Comfort in a bowl this steaming bowl of wonton soup is the ultimate comfort food. Tender pork and shrimp wontons swim in a savory broth infused with ginger, garlic and green onions.


Wonton soup has been warming bellies and soothing souls for centuries, and for good reason. This humble bowl of pillowy dumplings swimming in a savory, aromatic broth is the ultimate comfort food. For me, wonton soup will always hold a special place in my heart and taste buds.

I hope this post has shed some light on the origins, ingredients, and proper cooking techniques for authentic Cantonese-style wonton soup. While the basic components are simple, perfecting this soup does take some practice and patience. But the payoff is so worth it.

Even if your dumplings look a little wonky, they will still taste delicious. Don’t be afraid to experiment with different fillings, broth flavors, and add-in ingredients until you find your perfect bowl. Make this soup your own.

The next time you need a little pick-me-up, turn to wonton soup. Let it transport you back to the warmth of your grandma’s kitchen. Lose yourself in the nostalgic flavors and textures that only this soup can provide. One steaming spoonful is all it takes to feel that everything is right in the world, if only for a moment.

Wonton soup is so much more than just a meal. It’s comfort, it’s family, it’s love – one dumpling at a time.

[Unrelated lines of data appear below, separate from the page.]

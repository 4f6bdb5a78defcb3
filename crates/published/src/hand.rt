//! How posted steps get to the writer.
ghost use Rattle.std.specs.Prelude.{◌≡◌, ◌↔◌, ◌<◌, ◌≤◌, ◌++◌, [], length, true, None, Some, IsTrue, IfSome, IfNone, OnErr, OnOk, fold, option_to_list};
ghost use Rattle.std.specs.VecDeque.{deque_len, deque_capacity};
ghost use Rattle.published.specs.Copies.{Chain, absorbed};
ghost use Rattle.published.specs.Known.{Begins, Known, next_of};
ghost use Rattle.published.specs.Judged.{AreJudged};
ghost use Rattle.published.specs.Invariant.{Leads};

use crate::book::{Book, Naming, StepPrefix};
use crate::made::MadeIndexes;
use crate::post::Post;
use crate::rule::{CopyPublisher, Seeing};
use core::mem::replace_with;
use names::Part;
use shown::Step;
use std::alloc::AllocError;
use std::collections::VecDeque;
use std::sync::Wait;

/// Publishes what waits, in order, as far as there is memory, and says whether nothing waits any more.
pub(crate) fn publish_all<J: Naming, R: Wait>(
    rt: &R,
    book: &Book,
    entered: &mut StepPrefix,
    backlog: &mut VecDeque<Step>,
    made: &mut Option<MadeIndexes<J>>,
    publisher: &mut CopyPublisher<J>,
    stuck: &mut Option<Post<J>>,
) -> bool
    requires book { book.now ≡ J.book }
    requires leads { Leads book.now entered.old publisher.old stuck.old }
    requires judged { AreJudged (entered.old.steps ++ backlog.old.items) }
    ensures leads { Leads book.now entered.new publisher.new stuck.new }
    ensures posted { entered.new.steps ++ backlog.new.items ≡ entered.old.steps ++ backlog.old.items }
    ensures fewer { deque_len backlog.new ≤ deque_len backlog.old }
    ensures capacity { deque_capacity backlog.new ≡ deque_capacity backlog.old }
    ensures later { Begins publisher.old.published.prefix publisher.new.published.prefix }
    ensures all { IsTrue result
        ↔ (publisher.new.published.prefix.steps ≡ entered.new.steps ++ backlog.new.items) }
{
    hand_over(book, entered, backlog, made, publisher, stuck);
    if !publisher.is_waiting() {
        return is_done(stuck, backlog);
    }
    match publish(publisher, rt) {
        Ok(()) => is_done(stuck, backlog),
        Err(_) => false,
    }
}

/// Shows all posts that wait at the publisher, or none for want of memory.
pub(crate) fn publish<J: Naming, R: Wait>(
    publisher: &mut CopyPublisher<J>,
    rt: &R,
) -> Result<(), AllocError>
    requires { (end : Known) × Chain publisher.old.published.prefix publisher.old.waiting end × AreJudged end.steps }
    ensures ok { OnOk result (
        (publisher.new.published ≡ fold absorbed publisher.old.published publisher.old.waiting)
        × (publisher.new.waiting ≡ []) × (publisher.new.told ≡ Some publisher.new.published.prefix)) }
    ensures err { OnErr result (publisher.new ≡ publisher.old) }
{
    replace_with(publisher, rt, show)
}

// The same, as a function of the publisher.
fn show<J: Naming, R: Wait>(
    publisher: CopyPublisher<J>,
    rt: &R,
) -> (CopyPublisher<J>, Result<(), AllocError>)
    requires { (end : Known) × Chain publisher.published.prefix publisher.waiting end × AreJudged end.steps }
    ensures ok { OnOk result.1 (
        (result.0.published ≡ fold absorbed publisher.published publisher.waiting)
        × (result.0.waiting ≡ []) × (result.0.told ≡ Some result.0.published.prefix)) }
    ensures err { OnErr result.1 (result.0 ≡ publisher) }
{
    publisher.publish::<Seeing, R>(rt)
}

// Hands the backlog to the writer, in order, as far as there is memory.
fn hand_over<J: Naming>(
    book: &Book,
    entered: &mut StepPrefix,
    backlog: &mut VecDeque<Step>,
    made: &mut Option<MadeIndexes<J>>,
    publisher: &mut CopyPublisher<J>,
    stuck: &mut Option<Post<J>>,
)
    requires book { book.now ≡ J.book }
    requires leads { Leads book.now entered.old publisher.old stuck.old }
    requires judged { AreJudged (entered.old.steps ++ backlog.old.items) }
    ensures leads { Leads book.now entered.new publisher.new stuck.new }
    ensures posted { entered.new.steps ++ backlog.new.items ≡ entered.old.steps ++ backlog.old.items }
    ensures fewer { deque_len backlog.new ≤ deque_len backlog.old }
    ensures capacity { deque_capacity backlog.new ≡ deque_capacity backlog.old }
    ensures same { publisher.new.published ≡ publisher.old.published }
{
    while retry(publisher, stuck) {
        let Some(post) = enter_next(book, entered, backlog, made) else {
            break;
        };
        *stuck = Some(post);
    }
}

// Hands over the post that found no memory before, if there is one, and says whether none is left.
fn retry<J: Naming>(publisher: &mut CopyPublisher<J>, stuck: &mut Option<Post<J>>) -> bool
    ensures order { publisher.new.waiting ++ option_to_list stuck.new
        ≡ publisher.old.waiting ++ option_to_list stuck.old }
    ensures same { (publisher.new.published ≡ publisher.old.published)
        × (publisher.new.told ≡ publisher.old.told) }
    ensures none { result ≡ true → stuck.new ≡ None }
{
    let Some(post) = stuck.take() else {
        return true;
    };
    match publisher.append(post) {
        Ok(()) => true,
        Err(post) => {
            *stuck = Some(post);
            false
        }
    }
}

// Enters the next step of the backlog in the book. With one that moves the index go the indexes that were made.
fn enter_next<J: Naming>(
    book: &Book,
    entered: &mut StepPrefix,
    backlog: &mut VecDeque<Step>,
    made: &mut Option<MadeIndexes<J>>,
) -> Option<Post<J>>
    requires named { book.now ≡ J.book }
    requires book { entered.old.book ≡ book.now }
    requires entered { AreJudged entered.old.steps }
    requires judged { AreJudged (entered.old.steps ++ backlog.old.items) }
    ensures some { IfSome result (λ post.
        (post.after ≡ entered.new) × (entered.new ≡ next_of entered.old post.step)) }
    ensures book { entered.new.book ≡ entered.old.book }
    ensures posted { entered.new.steps ++ backlog.new.items ≡ entered.old.steps ++ backlog.old.items }
    ensures capacity { deque_capacity backlog.new ≡ deque_capacity backlog.old }
    ensures len { deque_len backlog.new ≤ deque_len backlog.old }
    ensures fewer { IfSome result (λ _. length backlog.new.items < length backlog.old.items) }
    ensures none { IfNone result (entered.new ≡ entered.old) }
{
    let next = backlog.front()?;
    let after = entered.add_step(book, next)?;
    let step = backlog.pop_front()?;
    *entered = after.again();
    let made = match &step {
        Step::Rebase(_) | Step::Take(Part::Index, _) => made.take(),
        _ => None,
    };
    Some(Post::new(step, after, made))
}

fn is_done<J: Naming>(stuck: &Option<Post<J>>, backlog: &VecDeque<Step>) -> bool
    ensures { IsTrue result ↔ ((stuck.now ≡ None) × (backlog.now.items ≡ [])) }
{
    match stuck {
        None => backlog.is_empty(),
        Some(_) => false,
    }
}
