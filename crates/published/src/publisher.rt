//! The writer of two copies.
ghost use Rattle.std.specs.Prelude.{◌≡◌, ◌↔◌, ◌<◌, ◌^◌, ℕ, length, IsTrue, [], ◌∷◌, ◌++◌, IfOk, OnOk, OnErr, MatchResult, drop, fold};
ghost use Rattle.left_right.specs.Register.{TurnsAt};
ghost use Rattle.left_right.specs.Sides.{view as seen_by};
ghost use Rattle.published.specs.Writing.{Writing, KeepsRule};

use crate::book::StepPrefix;
use crate::rule::TellsAll;
use crossbeam_utils::rule::{Outcome, Protocol};
use left_right::Absorb;
use left_right::reader::Reader;
use left_right::writer::Writer;
use std::alloc::{AllocError, Global};
use std::marker::Model;
use std::sync::Wait;

/// A writer of copies that take posts, under a rule. Whoever has it ends it by [`end`](Publisher::end). Contracts see it as the
/// published copy, the posts that wait, and what the writer's place knows.
pub struct Publisher<C: Absorb<O> + Drop, O: Drop, P: Protocol<C, Option<StepPrefix>>> {
    writer: Writer<C, O, Option<StepPrefix>, P>,
}

impl<C: Absorb<O> + Drop, O: Drop, P: Protocol<C, Option<StepPrefix>>> Model
    for Publisher<C, O, P> {
    ghost use Rattle.std.specs.Prelude.{drop};
    ghost use Rattle.left_right.specs.Sides.{view as seen_by};
    ghost use Rattle.published.specs.Writing.{Writing};
    ghost use Rattle.published.specs.inside.WritingCodes.{coded_writing};

    ghost Value = { Writing C O };

    ghost coded = { coded_writing C.code O.code };

    ghost view = { λ p. record {
      published = p.writer.desk.shown.value;
      waiting = drop p.writer.behind p.writer.log.items;
      told = seen_by p.writer.desk.place;
    } };
}

impl<C: Absorb<O> + Drop, O: Drop, P: Protocol<C, Option<StepPrefix>>> Publisher<C, O, P> {
    /// A publisher of two copies that are alike, with room for so many readers.
    pub fn new(
        alloc: Global,
        first: C,
        second: C,
        readers: usize,
    ) -> Result<Publisher<C, O, P>, AllocError>
        requires readers { (0 < readers) × (readers < 2 ^ 32) }
        requires alike { C.state first ≡ C.state second }
        requires rule { P.holds first (P.first ∷ []) }
        ensures { IfOk result (λ p.
            p ≡ record { published = first; waiting = []; told = P.first }) }
    {
        let writer = Writer::new(alloc, first, second, readers)?;
        Ok(Publisher { writer })
    }

    /// The copy that is read.
    pub fn published(&self) -> &C
        ensures { result.now ≡ self.now.published }
    {
        self.writer.published()
    }

    /// Whether some post is not published.
    pub fn is_waiting(&self) -> bool
        ensures { IsTrue result ↔ (0 < length self.now.waiting) }
    {
        self.writer.has_pending_operations()
    }

    /// Takes one post. It comes back for want of memory.
    pub fn append(&mut self, post: O) -> Result<(), O>
        ensures same { (self.new.published ≡ self.old.published) × (self.new.told ≡ self.old.told) }
        ensures waiting { MatchResult result
            (λ _. self.new.waiting ≡ self.old.waiting ++ post ∷ [])
            (λ p. (p ≡ post) × (self.new.waiting ≡ self.old.waiting)) }
    {
        self.writer.append(post)
    }

    /// Shows readers all posts that wait, and waits for those that read the other copy. For want of memory it
    /// shows none.
    pub fn publish<M: Outcome<C, Option<StepPrefix>>, R: Wait>(
        self,
        rt: &R,
    ) -> (Publisher<C, O, P>, Result<(), AllocError>)
        requires { (next : C) → C.state next ≡ fold C.applied (C.state self.published) self.waiting
            → (seat : ℕ) → TurnsAt P.holds seat self.told self.published next M.then }
        ensures state { OnOk result.1 (C.state result.0.published ≡ fold C.applied (C.state self.published) self.waiting) }
        ensures waiting { OnOk result.1 (result.0.waiting ≡ []) }
        ensures turned { OnOk result.1 (M.then self.told self.published result.0.published result.0.told) }
        ensures err { OnErr result.1 (result.0 ≡ self) }
    {
        let Publisher { writer } = self;
        let (writer, shown) = writer.publish_as::<M, R>(rt);
        (Publisher { writer }, shown)
    }

    /// A new reader, which knows what the writer's place knows.
    pub fn reader(&mut self) -> Result<Reader<C, Option<StepPrefix>, P>, AllocError>
        requires { KeepsRule P.holds P.first self.old.told }
        ensures same { self.new ≡ self.old }
        ensures told { IfOk result (λ r. seen_by r.place ≡ self.old.told) }
    {
        let mut reader = self.writer.factory().reader()?;
        reader.learn::<TellsAll>(self.writer.tell::<TellsAll>());
        Ok(reader)
    }

    /// Waits for the readers. They read nothing from then on.
    pub fn end<R: Wait>(self, rt: &R) {
        let Publisher { writer } = self;
        drop(writer.take(rt));
    }
}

I'm Tracy F Hilton, a devoted culinary professional shaped by a mix of natural aptitude and refined skills from a top culinary school. In the dynamic kitchen environment, I'm a catalyst for seamless operations and timely, high-quality dish preparation. My culinary creations are a blend of art and skill, offering visually and gustatorily delightful experiences. A learner at heart, I'm continuously honing my craft, embracing new techniques, and culinary innovations. My positive, collaborative nature is amplified in fast-paced settings, showcasing my commitment to team efficiency and guest satisfaction. Each dish I present is a meticulous blend of tradition and innovation, promising an unforgettable dining experience that marries taste, aroma, and aesthetic appeal in perfect harmony. Join me on a gastronomic journey where each bite encapsulates a rich, evolving narrative of flavors and culinary artistry.